* **To do**: Every record below is to be retyped exactly.

* **Exercise materials**:
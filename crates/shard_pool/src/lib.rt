//! Up to four shards, each behind a lock of its own, and seats that keep receipts of their calls: what a call does
//! with the guard lent, what it does behind the lock of one shard, and what it does to the pool.
//!
//! Its public contracts cite `specs/Calls`: what each call of a seat does, over `specs/Seats`: a seat at all
//! shards, and what a call does to it, `specs/Settling`: the seats by number and the journals handed back,
//! `specs/Lanes`: what the four shards begin with, and `specs/Blanks`: the ledgers that a pool is started with.
//! Those stand on what is said of one shard: `specs/Hands`: a seat there, and `specs/Lent`: what a call does to it
//! and to the shard; `specs/Seated`: what a seated call leaves, `specs/Unseated`: what stands behind the answer of
//! a call without a seat, and `specs/Due`: whether a journal is due for a checkpoint. `Seated` and `Unseated` name
//! a history behind the answer at most, since the lock is let go. All stand on tracker_shard's `Steps`, `Calls` and
//! `Asks`, and on the receipts of shard_pool_settled.
//!
//! What no contract says of a pool call: that the history behind its answer, one of that shard, is the one that its
//! lock held, and that a call without a seat makes its step. That is for tests with threads to say.
#![tactic(auto)]

mod blanks;
mod due;
mod gate;
mod lack;
mod lane;
mod lanes;
mod lent;
mod locked;
mod locked_asks;
mod locked_calls;
mod locking;
mod noting;
mod part;
mod pool;
mod reply;
mod seat;
mod seated;
mod settling;
mod start;
mod tried;
mod unseated;

pub use blanks::Blanks;
pub use due::DueFrom;
pub use gate::{Gate, NoGate};
pub use lane::Lane;
pub use lanes::{Four, Lanes};
pub use lent::lent_call;
pub use pool::Pool;
pub use reply::{PoolFault, Reply};
pub use seat::Seat;
pub use settling::check_seats;
pub use tried::Tried;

* **Answer to the exercise**:
filename crates/shard_pool/src/lib.rt
//! Up to four shards, each behind a lock of its own, and seats that keep receipts of their calls: what a call does
//! with the guard lent, what it does behind the lock of one shard, and what it does to the pool.
//!
//! Its public contracts cite `specs/Calls`: what each call of a seat does, over `specs/Seats`: a seat at all
//! shards, and what a call does to it, `specs/Settling`: the seats by number and the journals handed back,
//! `specs/Lanes`: what the four shards begin with, and `specs/Blanks`: the ledgers that a pool is started with.
//! Those stand on what is said of one shard: `specs/Hands`: a seat there, and `specs/Lent`: what a call does to it
//! and to the shard; `specs/Seated`: what a seated call leaves, `specs/Unseated`: what stands behind the answer of
//! a call without a seat, and `specs/Due`: whether a journal is due for a checkpoint. `Seated` and `Unseated` name
//! a history behind the answer at most, since the lock is let go. All stand on tracker_shard's `Steps`, `Calls` and
//! `Asks`, and on the receipts of shard_pool_settled.
//!
//! What no contract says of a pool call: that the history behind its answer, one of that shard, is the one that its
//! lock held, and that a call without a seat makes its step. That is for tests with threads to say.
#![tactic(auto)]

mod blanks;
mod due;
mod gate;
mod lack;
mod lane;
mod lanes;
mod lent;
mod locked;
mod locked_asks;
mod locked_calls;
mod locking;
mod noting;
mod part;
mod pool;
mod reply;
mod seat;
mod seated;
mod settling;
mod start;
mod tried;
mod unseated;

pub use blanks::Blanks;
pub use due::DueFrom;
pub use gate::{Gate, NoGate};
pub use lane::Lane;
pub use lanes::{Four, Lanes};
pub use lent::lent_call;
pub use pool::Pool;
pub use reply::{PoolFault, Reply};
pub use seat::Seat;
pub use settling::check_seats;
pub use tried::Tried;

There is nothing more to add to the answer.